Jean Piaget (1896 – 1980) soutient que ce modèle sous-estime le rôle de l’élève et de ses processus congnitifs dans la construction de son savoir. Le plus judicieux –et je rejoins ici l’approche socio-constrictiviste- est d’impliquer l’apprenant dans la construction de son savoir. L’enfant essaye, recommence s’il y a lieu, commet des erreurs, se corrige. Il apprend et découvre des règles, des concepts, des mécanismes et met en place des stratégies de résolution de problèmes. 

Néanmoins, sur un plan pratique, cela n’est pas de tout repos aussi bien pour l’enseignant-animateur que pour l’enfant-acteur-de-ses-apprentissages. La psychanalyse nous explique le processus et le chemin sinueux et semé d’embuche qu’emprunte l’individu pour accéder à l’apprendre. En construisant lui-même son savoir, l’élève est confronté à des situations-problèmes nouvelles qu’il tente de résoudre en mobilisant ses savoirs, savoir-faire et savoir-être. Il est alors mis dans un processus d’assimilation. S’il ne parvient pas à débloquer la situation, il est déséquilibré et se trouve dans une situation de conflit cognitif angoissante. Ceci est susceptible d’entraîner chez certains sujets un choc dû à une perte de repères car, comme dit Bachelard, « la compréhension s’acquiert contre une connaissance antérieure en détruisant des connaissances mal faites ». C’est surtout là qu’intervient le travail psychanalytique sur l’enfant. Chaque individu appréhende cette situation selon ses caractéritiques psychiques. Si certains « laissent tomber » à la première difficulté rencontrée avec toutes les conséquences graves que cela peut entraîner sur leur comportement d’apprenant, d’autres en revanche persévèrent, revisitent ce qu’ils savent, construisent les connaissances qui leur manquent pour s’accommoder au problème posé. Ils réfléchissent sur et dans l’action, en interaction avec les autres. Peu à peu, ces derniers parviennent à résoudre « leur » problème et le déséquilibre est surmonté et on entend alors dans la classe des cris de satisfaction du genre : « Eurêka ! J’ai trouvé la solution ! ». L’enfant éprouve de la jubilation de l’émotion, de la fièrté d’avoir accompli « tout seul » une tâche utile. C’est ainsi que l’élève retrouve l’équilibre et apprend à structurer ses connaissances afin de mieux résoudre de façon autonome les nouveaux problèmes qui lui seront posés.
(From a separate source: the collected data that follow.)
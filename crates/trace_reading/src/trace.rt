//! Traces: a version, a configuration, a script for each thread, and a schedule.
ghost use Rattle.std.specs.Prelude.{◌≡◌};

use heap_words::{Config, Schedule};
use shen_graph::Script;
use std::marker::Model;

/// The scripts of the threads, that of thread 1 first. Contracts see them as a list of lists of commands.
#[derive(Drop)]
pub struct Scripts {
    scripts: Vec<Script>,
}

impl Model for Scripts {
    ghost use Rattle.std.specs.Prelude.{List};
    ghost use Rattle.shen_graph.specs.declared.command.Command.{Command};

    ghost Value = { List (List Command) };

    ghost view = { λ scripts. scripts.scripts.items };
}

impl Scripts {
    /// The scripts of these threads.
    pub fn from_vec(scripts: Vec<Script>) -> Scripts
        ensures { result ≡ scripts.items }
    {
        Scripts { scripts }
    }

    /// The scripts of these threads, back, without taking memory.
    pub fn into_vec(self) -> Vec<Script>
        ensures { result.items ≡ self }
    {
        self.scripts
    }

    /// The scripts, that of thread 1 first.
    pub fn list(&self) -> &[Script]
        ensures { result.now ≡ self.now }
    {
        &self.scripts
    }
}

/// A trace: its version, the sizes of the heap, what each thread is to run, and in which order the machines step at first.
#[derive(Drop)]
pub struct Trace {
    /// The version of the format, 1 or 2.
    pub version: u32,
    /// The sizes of the heap, and how many machines work on it.
    pub config: Config,
    /// A script for each mutator.
    pub scripts: Scripts,
    /// The items of all lines of the schedule, in order.
    pub schedule: Schedule,
}
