//! The heap as the listing shows it: its phase and sets, a line a region, and the roots.

use heap_words::phase::{EVACUATION, IDLE, UPDATING};
use heap_words::{Config, forwarded, forwardee, refs_of};
use listing::{
    Kind, Piece, Reading, Row, Table, heap_word, name_at, piece_at, put_machine, put_name,
    put_place, put_reference, put_value, region_of_buffer, shared_region, top, used,
};
use regions::{is_in, mark_words};
use shen_base::{Block, Sink};
use shen_graph::Command;

// The columns of a line: what a region is, and how full it is.
const USED: usize = 13;

const BAR: usize = 26;

/// The number of pin slots of a thread.
pub const SLOTS: usize = Command::SLOTS as usize;

// How many characters a bar has.
const BAR_CHARACTERS: u64 = 16;

// Puts how full a region is.
fn put_bar(row: &mut Row, used: u64, words: u64) {
    row.put(b"[");
    for at in 0..BAR_CHARACTERS {
        let full = used.saturating_mul(BAR_CHARACTERS) > at.saturating_mul(words);
        row.put(if full { b"#" } else { b"." });
    }
    row.put(b"]");
}

// The column in front of what stands in a region, and that behind which an object begins a new line.
fn object_columns(bars: bool) -> (usize, usize) {
    if bars { (45, 110) } else { (25, 68) }
}

// Whether the bit of an address is set in the words of marks that end so many words before the heap.
fn is_marked(table: &Table, before: usize, address: u64) -> bool {
    let config = table.config();
    let bit = address.saturating_sub(config.region_words() as u64);
    let first = config.heap_start().saturating_sub(before);
    let word = table.word(first.saturating_add((bit.min(65536) / 64) as usize));
    word >> (bit % 64) & 1 == 1
}

/// Whether an address is black.
pub fn is_black(table: &Table, address: u64) -> bool {
    is_marked(table, mark_words(table.config()), address)
}

/// Whether an address is grey.
pub fn is_grey(table: &Table, address: u64) -> bool {
    is_marked(table, 2 * mark_words(table.config()), address)
}

/// The phase.
pub fn phase(table: &Table) -> u64 {
    table.word(table.config().phase_at())
}

// Puts an object: its name and its words, `*` where it is black and `'` where it is grey, and where its copy lies.
fn put_object(row: &mut Row, table: &Table, at: u64, words: u64) {
    let header = heap_word(table, at);
    if forwarded(header) {
        row.put(b"old ");
    }
    put_name(row, name_at(table, at));
    row.put(b"(");
    row.put_number(words);
    row.put(b")");
    if phase(table) != IDLE {
        if is_black(table, at) {
            row.put(b"*");
        } else if is_grey(table, at) {
            row.put(b"'");
        }
    }
    if forwarded(header) {
        row.put(b">");
        put_place(row, table, forwardee(header));
    }
}

// Puts room of a machine: what it is, and its words.
fn put_room(row: &mut Row, table: &Table, what: &[u8], words: u64, seat: usize) {
    row.put(what);
    row.put(b"(");
    row.put_number(words);
    row.put(b" of ");
    put_machine(row, table.config(), seat);
    row.put(b")");
}

// Puts a piece of a region.
fn put_piece(row: &mut Row, table: &Table, piece: Piece) {
    let words = piece.words();
    match piece.kind {
        Kind::Object => put_object(row, table, piece.at, words),
        Kind::Filler => {
            row.put(b"filler(");
            row.put_number(words);
            row.put(b")");
        }
        Kind::Free(seat) => put_room(row, table, b"free", words, seat),
        Kind::Carved(seat) => put_room(row, table, b"carved", words, seat),
        Kind::Hand(seat) => put_room(row, table, b"room", words, seat),
    }
}

// Puts the pieces of a region, each with its words.
fn put_pieces<K: Sink>(
    row: &mut Row,
    block: &mut Block,
    sink: &mut K,
    table: &Table,
    region: usize,
    bars: bool,
) {
    let (column, last) = object_columns(bars);
    let (mut at, end) = used(table, region);
    for _ in 0..1024 {
        let Some(piece) = piece_at(table, at, end) else {
            return;
        };
        if row.width() > last {
            row.send(block, sink);
            row.tab(column);
        }
        row.put(b" ");
        put_piece(row, table, piece);
        at = piece.next;
    }
}

/// The word of a pin slot of a thread, which is counted from 0: 0, or the address of the object that it holds.
pub fn pin_word(table: &Table, mutator: usize, slot: usize) -> u64 {
    let config = table.config();
    if mutator < config.mutators() && slot < SLOTS {
        table.word(config.pin_at(mutator, slot))
    } else {
        0
    }
}

// Whether some pin slot of a thread holds an object.
fn has_pin(table: &Table, mutator: usize) -> bool {
    for slot in 0..SLOTS {
        if pin_word(table, mutator, slot) > 0 {
            return true;
        }
    }
    false
}

/// Whether some pin slot of some thread holds an object.
pub fn has_pins(table: &Table) -> bool {
    for mutator in 0..table.config().mutators() {
        if has_pin(table, mutator) {
            return true;
        }
    }
    false
}

// Whether an object that a pin slot holds lies between two addresses.
fn has_pinned(table: &Table, first: u64, end: u64) -> bool {
    for mutator in 0..table.config().mutators() {
        for slot in 0..SLOTS {
            let address = pin_word(table, mutator, slot);
            if first <= address && address < end {
                return true;
            }
        }
    }
    false
}

// Puts whether a region is the shared one or pinned, and whose buffers lie in it.
fn put_owners(row: &mut Row, table: &Table, config: Config, region: usize) {
    let (first, end) = used(table, region);
    if has_pinned(table, first, end) {
        row.put(b" pinned:");
    }
    if shared_region(table) == Some(region) {
        row.put(b" shared:");
    }
    for seat in 0..config.seats() {
        if region_of_buffer(table, seat) == Some(region) {
            row.put(b" ");
            put_machine(row, config, seat);
            row.put(b":");
        }
    }
}

/// The words of a region's objects that are black, or were made since marking began, and those of all others and of words that only
/// fill; `start` is how far it was used then.
pub fn live_and_garbage(table: &Table, region: usize, start: u64) -> (u64, u64) {
    let (first, end) = used(table, region);
    let mut at = first;
    let mut live: u64 = 0;
    let mut garbage: u64 = 0;
    for _ in 0..1024 {
        let Some(piece) = piece_at(table, at, end) else {
            return (live, garbage);
        };
        let is_young = at.saturating_sub(first) >= start;
        if piece.is_object() && (is_young || is_black(table, at)) {
            live = live.saturating_add(piece.words());
        } else if piece.is_object() || piece.kind == Kind::Filler {
            garbage = garbage.saturating_add(piece.words());
        }
        at = piece.next;
    }
    (live, garbage)
}

// Puts what a cycle knows of a region: whether it is in the set, how far it was used when marking began, what of it lives, and
// how far it was used when updating began.
fn put_cycle(row: &mut Row, table: &Table, config: Config, region: usize) {
    let phase = phase(table);
    if phase == IDLE || region >= config.regions() {
        return;
    }
    let start = table.word(config.tams_at(region));
    if is_in(table.word(config.cset_at()), region) {
        row.put(b" in the set,");
    }
    row.put(b" mark start ");
    row.put_number(start);
    if phase >= EVACUATION {
        let (live, garbage) = live_and_garbage(table, region, start);
        row.put(b", live ");
        row.put_number(live);
        row.put(b", garbage ");
        row.put_number(garbage);
    }
    if phase >= UPDATING {
        row.put(b", limit ");
        row.put_number(table.word(config.limit_at(region)));
    }
    row.put(b":");
}

/// Puts the line of a region.
pub fn put_region<K: Sink>(
    row: &mut Row,
    block: &mut Block,
    sink: &mut K,
    table: &Table,
    region: usize,
    bars: bool,
) {
    let config = table.config();
    row.put(b"   region ");
    row.put_number(region as u64);
    row.tab(USED);
    if region < 64 && is_in(table.word(config.free_at()), region) {
        row.put(b"free");
    } else {
        row.put_number(top(table, region));
        row.put(b" of ");
        row.put_number(config.region_words() as u64);
        if bars {
            row.tab(BAR);
            put_bar(row, top(table, region), config.region_words() as u64);
        }
        let (column, _) = object_columns(bars);
        row.tab(column);
        put_owners(row, table, config, region);
        put_cycle(row, table, config, region);
        put_pieces(row, block, sink, table, region, bars);
    }
    row.send(block, sink);
}

/// Puts the line of the roots of a thread, counted from 0.
pub fn put_roots<K: Sink>(
    row: &mut Row,
    block: &mut Block,
    sink: &mut K,
    table: &Table,
    mutator: usize,
) {
    let config = table.config();
    row.put(b"   roots of ");
    put_machine(row, config, mutator);
    row.put(b":");
    for index in 0..16 {
        row.put(b" ");
        if mutator < config.mutators() {
            put_reference(row, table, table.word(config.root_at(mutator, index)));
        }
    }
    row.send(block, sink);
}

/// Puts the line of the pin slots of a thread, counted from 0, where one holds an object or is to be shown.
pub fn put_pins<K: Sink>(
    row: &mut Row,
    block: &mut Block,
    sink: &mut K,
    table: &Table,
    mutator: usize,
    shown: bool,
) {
    if !shown && !has_pin(table, mutator) {
        return;
    }
    row.put(b"   pins of ");
    put_machine(row, table.config(), mutator);
    row.put(b":");
    for slot in 0..SLOTS {
        row.put(b" ");
        put_reference(row, table, pin_word(table, mutator, slot));
    }
    row.send(block, sink);
}

// Puts a word of the heap's state behind a text.
fn put_state(row: &mut Row, table: &Table, text: &[u8], kind: Reading, at: usize) {
    row.put(text);
    put_value(row, table, kind, table.word(at));
}

/// Puts the line of the phase and the sets, while a cycle runs.
pub fn put_phase<K: Sink>(row: &mut Row, block: &mut Block, sink: &mut K, table: &Table) {
    let config = table.config();
    row.put(b"   phase ");
    row.put_number(phase(table));
    put_state(
        row,
        table,
        b"; collection set ",
        Reading::Regions,
        config.cset_at(),
    );
    put_state(
        row,
        table,
        b"; claimed work ",
        Reading::Number,
        config.claim_at(),
    );
    put_state(
        row,
        table,
        b"; copiers ",
        Reading::Copiers,
        config.evac_at(),
    );
    put_state(row, table, b"; asked for ", Reading::Ask, config.ask_at());
    row.send(block, sink);
}

// Whether a field of the object at an address names an object.
fn has_field(table: &Table, at: u64) -> bool {
    for index in 0..refs_of(heap_word(table, at.saturating_add(1))).min(16) {
        if heap_word(table, at.saturating_add(3).saturating_add(index)) > 0 {
            return true;
        }
    }
    false
}

/// Puts the line of the fields of the object at an address that name objects, if it has any.
pub fn put_fields<K: Sink>(row: &mut Row, block: &mut Block, sink: &mut K, table: &Table, at: u64) {
    if !has_field(table, at) {
        return;
    }
    row.put(b"   fields of ");
    put_reference(row, table, at);
    row.put(b":");
    for index in 0..refs_of(heap_word(table, at.saturating_add(1))).min(16) {
        let field = heap_word(table, at.saturating_add(3).saturating_add(index));
        if field > 0 {
            row.put(b" ");
            row.put_number(index);
            row.put(b" to ");
            put_reference(row, table, field);
        }
    }
    row.send(block, sink);
}

// Puts the lines of the fields of the objects of a region.
fn put_all_fields<K: Sink>(
    row: &mut Row,
    block: &mut Block,
    sink: &mut K,
    table: &Table,
    region: usize,
) {
    let (mut at, end) = used(table, region);
    for _ in 0..1024 {
        let Some(piece) = piece_at(table, at, end) else {
            return;
        };
        if piece.is_object() {
            put_fields(row, block, sink, table, at);
        }
        at = piece.next;
    }
}

/// Puts the heap, with bars or without.
pub fn put_heap<K: Sink>(
    row: &mut Row,
    block: &mut Block,
    sink: &mut K,
    table: &Table,
    bars: bool,
) {
    let config = table.config();
    if phase(table) != IDLE {
        put_phase(row, block, sink, table);
    }
    for region in 0..config.regions() {
        put_region(row, block, sink, table, region, bars);
    }
    for region in 0..config.regions() {
        put_all_fields(row, block, sink, table, region);
    }
    for mutator in 0..config.mutators() {
        put_roots(row, block, sink, table, mutator);
        put_pins(row, block, sink, table, mutator, false);
    }
}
Contrairement à l’expression « ça y est, j’ai compris ! » citée dans le texte de Mireille Cifali, moi je préfère entendre chez les apprenants « ça y est, j’ai trouvé la solution !». En effet, la première révèle que l’élève a assimilé les savoirs qu’on lui a présentés et prouve que l’enseignement s’opère dans une approche par les contenus qui met, encore une fois, l’accent sur les savoirs. Tandis que la seconde elle est la preuve que l’enfant a acquis une nouvelle compétence car l’important n’est pas de comprendre mais de ce qu’on peut faire de ce qu’on a compris !          

Là-dessus, je pense qu’on ne peut apprendre qu’à partir de ce qu’on sait déjà (l’inné, l’acquis), de ce qu’on est déjà (l’être psychologie mais aussi physique et physiologique) et de ce qu’on est par rapport aux autres (altérité). L’intelligence et la raison sont des qualités et des atouts indéniables certes mais elles ne suffisent. L’important n’est pas seulement d’avoir des dons et des acquis mais d’être. Et c’est exactement cet être qui échappe aux éducateurs et qui ne peut être appréhendé et saisi que par le biais de la psychanalyse, cette technique d'investigation psychologique freudienne par analyse du psychisme à travers l'inconscient, appliquée dans le domaine pédagogique. D’où l’importance de l’apport de cette discipline dans le pédagogique même si Freud range l’éducation parmi les trois professions impossibles, à savoir gouverner, éduquer et soigner !

Par Karim Kherbouche


- Les élèves n’ont pas tous le même rythme d’apprentissage, les uns apprennent plus vite que d’autres. Et chacun a son style d’apprentissage : si, par exemple, les uns aimeraient apprendre l’écrit, d’autres préfèreraient perfectionner l’expression orale.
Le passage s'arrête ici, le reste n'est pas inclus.